Mixed-precision hardware has recently become commercially available, and more than 25% of the supercomputers in the TOP500 list now have mixed-precision capabilities. Using lower precision in algorithms can be beneficial in terms of reducing both computation and communication costs.
There are many current efforts towards developing mixed-precision numerical linear algebra algorithms, which can lead to speedups in real applications. Motivated by this, we aim to further the state of the art in developing and analyzing mixed-precision variants of iterative methods.
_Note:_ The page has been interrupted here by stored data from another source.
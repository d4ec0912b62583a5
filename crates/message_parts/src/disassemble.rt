//! The body that answers `disassemble`: the instructions at an address.

use crate::members::{ADDRESS, INSTRUCTION, INSTRUCTION_BYTES, INSTRUCTIONS, PRESENTATION_HINT};
use crate::part::Part;
use crate::{find, instruction_bytes, member};
use json::Writer;
use protocol::{Entries, Text, Unread};
use serde_json::Value;
use std::alloc::{AllocError, Global};

/// The instructions at an address (`DisassembleResponse`).
#[derive(Drop)]
pub struct Disassemble {
    /// The instructions, at rising addresses, four bytes each.
    pub instructions: Entries<Instruction>,
}

/// What is at an address (`DisassembledInstruction`).
#[derive(Drop)]
pub enum Instruction {
    /// A word of memory.
    Valid {
        /// Its address.
        address: u32,
        /// Its text: an instruction, or `.word` and the word where it is none.
        instruction: Text,
        /// The word; its low byte is the first in memory.
        instruction_bytes: u32,
    },
    /// No word: outside of memory, or at no multiple of 4.
    Invalid {
        /// The address.
        address: u32,
    },
}

/// What an entry without a word has in place of its text.
const NO_INSTRUCTION: &str = "(invalid)";
/// What an editor may show of an entry without a word.
const INVALID_HINT: &str = "invalid";

impl Part for Disassemble {
    ghost use Rattle.message_parts.specs.Disassemble.{disassemble};

    ghost form = { disassemble };

    fn write(&self, out: &mut Writer) -> Result<(), AllocError> {
        out.begin_object()?;
        member::part(out, INSTRUCTIONS, &self.instructions)?;
        out.end_object()
    }

    fn read(alloc: Global, value: &Value) -> Result<Disassemble, Unread> {
        Ok(Disassemble {
            instructions: find::part(alloc, value, INSTRUCTIONS)?,
        })
    }
}

impl Part for Instruction {
    ghost use Rattle.message_parts.specs.Disassemble.{instruction};

    ghost form = { instruction };

    fn write(&self, out: &mut Writer) -> Result<(), AllocError> {
        match self {
            Instruction::Valid {
                address,
                instruction,
                instruction_bytes,
            } => {
                out.begin_object()?;
                member::address(out, ADDRESS, *address)?;
                member::text(out, INSTRUCTION, instruction.as_str())?;
                instruction_bytes::member(out, INSTRUCTION_BYTES, *instruction_bytes)?;
                out.end_object()
            }
            Instruction::Invalid { address } => {
                out.begin_object()?;
                member::address(out, ADDRESS, *address)?;
                member::text(out, INSTRUCTION, NO_INSTRUCTION)?;
                member::text(out, PRESENTATION_HINT, INVALID_HINT)?;
                out.end_object()
            }
        }
    }

    fn read(alloc: Global, value: &Value) -> Result<Instruction, Unread> {
        match value.get(PRESENTATION_HINT) {
            None => Ok(Instruction::Valid {
                address: find::address(value, ADDRESS)?,
                instruction: find::text(alloc, value, INSTRUCTION)?,
                instruction_bytes: instruction_bytes::find(value, INSTRUCTION_BYTES)?,
            }),
            Some(_) => Ok(Instruction::Invalid {
                address: find::address(value, ADDRESS)?,
            }),
        }
    }
}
In iterative methods based on Krylov subspaces, the orthogonal basis is generated by Arnoldi or Lanczos methods or their variants. In long recurrence methods such as GMRES, one needs to use an explicit orthogonalization scheme such as Gram-Schmidt to orthonormalize the vectors generated.
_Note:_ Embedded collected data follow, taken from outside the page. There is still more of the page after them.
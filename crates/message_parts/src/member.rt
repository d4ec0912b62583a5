//! Members of JSON objects, written: each call takes the writer, in an object that was begun, the name of
//! the member and its value. It fails where no memory is left, and then the writer is of no more use.
ghost use Rattle.std.specs.Prelude.{OnOk};
ghost use Rattle.serde_json.specs.Data.{boolean, member, no_members, number, string, unsigned};
ghost use Rattle.message_parts.specs.Forms as forms;
ghost use Rattle.message_parts.specs.Addresses as addresses;
ghost use Rattle.message_parts.specs.Forms.{member_if, if_any, list, whole};
ghost use Rattle.message_parts.specs.ReadMemory.{unless_0};
ghost use Rattle.message_parts.specs.Written.{AreWritten};

use crate::address;
use crate::part::Part;
use json::Writer;
use protocol::Entries;
use std::alloc::AllocError;

/// Writes a member of this name that is a part.
pub fn part<T: Part>(out: &mut Writer, name: &str, part: &T) -> Result<(), AllocError>
    ensures { OnOk result (AreWritten out.old out.new
        (member name.now (T.form.value part.now) no_members)) }
{
    out.key(name)?;
    part.write(out)
}

/// Writes a member of this name that is a part, where it is there.
pub fn part_if<T: Part>(out: &mut Writer, name: &str, part: &Option<T>) -> Result<(), AllocError>
    ensures { OnOk result (AreWritten out.old out.new
        (member_if name.now T.form.value part.now no_members)) }
{
    match part {
        Some(there) => self::part(out, name, there),
        None => Ok(()),
    }
}

/// A member that is a list, where it is not empty.
pub(crate) fn unless_empty<T: Part>(
    out: &mut Writer,
    name: &str,
    entries: &Entries<T>,
) -> Result<(), AllocError>
    ensures { OnOk result (AreWritten out.old out.new
        (member_if name.now (list T.form).value (if_any entries.now) no_members)) }
{
    if entries.as_slice().is_empty() {
        Ok(())
    } else {
        self::part(out, name, entries)
    }
}

/// Writes a member of this name that is a text.
pub fn text(out: &mut Writer, name: &str, value: &str) -> Result<(), AllocError>
    ensures { OnOk result (AreWritten out.old out.new
        (member name.now (string value.now) no_members)) }
{
    out.key(name)?;
    out.string(value)
}

/// Writes a member of this name that is a whole number.
pub fn number(out: &mut Writer, name: &str, value: u32) -> Result<(), AllocError>
    ensures { OnOk result (AreWritten out.old out.new
        (member name.now (number (unsigned value)) no_members)) }
{
    self::part(out, name, &value)
}

/// Writes a member of this name that is a whole number, which may be below 0.
pub fn signed(out: &mut Writer, name: &str, value: i32) -> Result<(), AllocError>
    ensures { OnOk result (AreWritten out.old out.new
        (member name.now (forms.signed.value value) no_members)) }
{
    out.key(name)?;
    out.i64(i64::from(value))
}

/// A member that is a whole number, where that is not 0.
pub(crate) fn number_unless_0(out: &mut Writer, name: &str, value: u32) -> Result<(), AllocError>
    ensures { OnOk result (AreWritten out.old out.new
        (member_if name.now whole.value (unless_0 value) no_members)) }
{
    if value == 0 {
        Ok(())
    } else {
        number(out, name, value)
    }
}

/// A member that is a word as a text.
pub(crate) fn address(out: &mut Writer, name: &str, value: u32) -> Result<(), AllocError>
    ensures { OnOk result (AreWritten out.old out.new
        (member name.now (addresses.address.value value) no_members)) }
{
    out.key(name)?;
    address::write(out, value)
}

/// Writes a member of this name that is a truth value.
pub fn truth(out: &mut Writer, name: &str, value: bool) -> Result<(), AllocError>
    ensures { OnOk result (AreWritten out.old out.new
        (member name.now (boolean value) no_members)) }
{
    out.key(name)?;
    out.boolean(value)
}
One of the variants of the Gram-Schmidt method is Classical Gram-Schmidt (CGS). From a performance perspective, CGS is preferable as it only involves one synchronization per vector.
The computation of Krylov subspace bases and orthogonalization procedures require sparse matrix-vector products and dot products in each iteration. These computations cause Krylov subspace methods to have a communication bottleneck in practical settings.
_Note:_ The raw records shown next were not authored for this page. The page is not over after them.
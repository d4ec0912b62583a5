//! The body that answers `initialize`: what the adapter can do.
ghost use Rattle.std.specs.Prelude.{OnOk, map};
ghost use Rattle.message_parts.specs.Initialize.{all_true, initialize_body};
ghost use Rattle.message_parts.specs.Written.{Appends, IsWritten, members_tokens};

use crate::member;
use json::Writer;
use std::alloc::AllocError;

/// What the adapter can do (`Capabilities`).
const CAPABILITIES: &[&str] = &[
    "supportSuspendDebuggee",
    "supportTerminateDebuggee",
    "supportsCancelRequest",
    "supportsConditionalBreakpoints",
    "supportsConfigurationDoneRequest",
    "supportsDisassembleRequest",
    "supportsEvaluateForHovers",
    "supportsFunctionBreakpoints",
    "supportsHitConditionalBreakpoints",
    "supportsInstructionBreakpoints",
    "supportsLogPoints",
    "supportsReadMemoryRequest",
    "supportsRestartRequest",
    "supportsSetVariable",
    "supportsStepBack",
    "supportsSteppingGranularity",
    "supportsTerminateRequest",
    "supportsWriteMemoryRequest",
];

/// Writes the capabilities, each of them true. It fails where no memory is left,
/// and then the writer is of no more use.
pub fn body(out: &mut Writer) -> Result<(), AllocError>
    ensures { OnOk result (IsWritten out.old out.new initialize_body) }
{
    out.begin_object()?;
    all_true(out, CAPABILITIES)?;
    out.end_object()
}

/// A member of each name, each of them true.
fn all_true(out: &mut Writer, names: &[&str]) -> Result<(), AllocError>
    ensures { OnOk result (Appends out.old out.new
        (members_tokens (all_true (map (λ name. name.now) names.now)))) }
{
    for name in names {
        member::truth(out, name, true)?;
    }
    Ok(())
}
Communication-avoiding Krylov subspace methods (also called s-step methods) can asymptotically reduce the communication cost per iteration versus standard approaches. To avoid communication, iterations are computed in blocks of s, which involves generating a basis for a Krylov subspace followed by block orthogonalization.
In this way, data dependencies between sparse matrix-vector multiplication and dot products in the method can be broken. To perform block orthogonalization, BGS algorithms are necessary for block and s-step Krylov subspace methods.
As standalone orthogonalization schemes, block approaches also have performance benefits as they make use of BLAS3 operations. BCGS-P is a block variant of classical Gram-Schmidt based on the Pythagorean theorem which guarantees $O(u)\kappa^2(A)$ loss of orthogonality as long as $O(u)\kappa^2(A)<1.
This constraint on the condition number of the input matrix tightly limits the problems to which this algorithm applies. One can potentially loosen the constraint in two ways: (1) using a mixed-precision CholQR routine and (2) incorporating a shift into CholQR.
In this talk, both potential strategies will be explored.